**WHAT TO DO**
Filter the listing below down to the lines with the word "EndCause" and copy those.

******

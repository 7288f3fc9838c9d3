//! What `busd serve --verbose` writes to standard error.

use busd_sockets::{AcceptLog, EndLog};
use router_core::CloseCause;
use router_host::{EndCause, Ended};
use std::rt::Clock;
use std::time::{Duration, Instant};
use std::{fmt, io};

/// What is told of a connection that was closed with a fault.
#[derive(Drop)]
struct Notice(Ended);

/// Writes a cause in words.
fn write_words<W: fmt::Write>(cause: CloseCause, f: &mut fmt::Formatter<W>) -> fmt::Result {
    match cause {
        CloseCause::Faulty(fault) => write!(f, "{fault}"),
        CloseCause::TooLong => write!(f, "its message would be too long with its name"),
        CloseCause::NotHello => write!(f, "it didn't begin with Hello"),
        CloseCause::MonitorSent => write!(f, "it is a monitor, and sent a message"),
        CloseCause::Left => write!(f, "it didn't read its messages"),
        CloseCause::LimitsExceeded => write!(f, "the bus is full"),
        CloseCause::Unauthenticated(fault) => write!(f, "{fault}"),
    }
}

impl fmt::Display for Notice {
    fn fmt<W: fmt::Write>(&self, f: &mut fmt::Formatter<W>) -> fmt::Result {
        match self.0.number {
            Some(number) => write!(f, "busd: :1.{number}: {}", self.0.cause)?,
            None => write!(f, "busd: unnamed: {}", self.0.cause)?,
        }
        match self.0.cause {
            EndCause::Closed(cause) => {
                write!(f, ": ")?;
                write_words(cause, f)
            }
            _ => Ok(()),
        }
    }
}

/// Writes of connections that were closed with a fault or are not served, where that is wanted.
#[derive(Drop)]
pub(crate) struct EndLogger<'a, R: Eprint + Clock> {
    refusals: AcceptLogger<'a, R>,
}

impl<'a, R: Eprint + Clock> EndLogger<'a, R> {
    pub(crate) fn new(rt: &'a R, is_wanted: bool) -> EndLogger<'a, R> {
        EndLogger {
            refusals: AcceptLogger::new(rt, is_wanted),
        }
    }
}

impl<R: Eprint + Clock> EndLog for EndLogger<'_, R> {
    fn ended(&mut self, ended: Ended) {
        let is_fault = !matches!(ended.cause, EndCause::EndOfInput | EndCause::HungUp);
        if self.refusals.is_wanted && is_fault {
            let _unwritten = eprintln!(self.refusals.rt; "{}", Notice(ended));
        }
    }

    fn refused<T: fmt::Display>(&mut self, why: &T) {
        self.refusals.write(why);
    }
}

/// The least time between two lines of an [`AcceptLogger`], in seconds.
const SECONDS_BETWEEN: u64 = 1;

/// Writes why connections can't be accepted or served, where that is wanted, once a second at most.
#[derive(Drop)]
pub(crate) struct AcceptLogger<'a, R: Eprint + Clock> {
    rt: &'a R,
    is_wanted: bool,
    last: Option<Instant>,
}

impl<'a, R: Eprint + Clock> AcceptLogger<'a, R> {
    pub(crate) fn new(rt: &'a R, is_wanted: bool) -> AcceptLogger<'a, R> {
        AcceptLogger {
            rt,
            is_wanted,
            last: None,
        }
    }

    /// Writes why, if the last time is long ago.
    fn write<T: fmt::Display>(&mut self, why: &T) {
        if !self.is_wanted {
            return;
        }
        let Ok(now) = Instant::now(self.rt) else {
            return;
        };
        if self.is_due(now) {
            self.last = Some(now);
            let _unwritten = eprintln!(self.rt; "busd: accept: {why}");
        }
    }

    /// Whether the last one is long ago.
    fn is_due(&self, now: Instant) -> bool {
        match self.last {
            Some(last) => now.duration_since(last) >= Duration::from_secs(SECONDS_BETWEEN),
            None => true,
        }
    }
}

impl<R: Eprint + Clock> AcceptLog for AcceptLogger<'_, R> {
    fn failed(&mut self, error: &io::Error) {
        self.write(error);
    }
}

******

**EXERCISE SOLUTION**
use router_host::{EndCause, Ended};
            EndCause::Closed(cause) => {
        let is_fault = !matches!(ended.cause, EndCause::EndOfInput | EndCause::HungUp);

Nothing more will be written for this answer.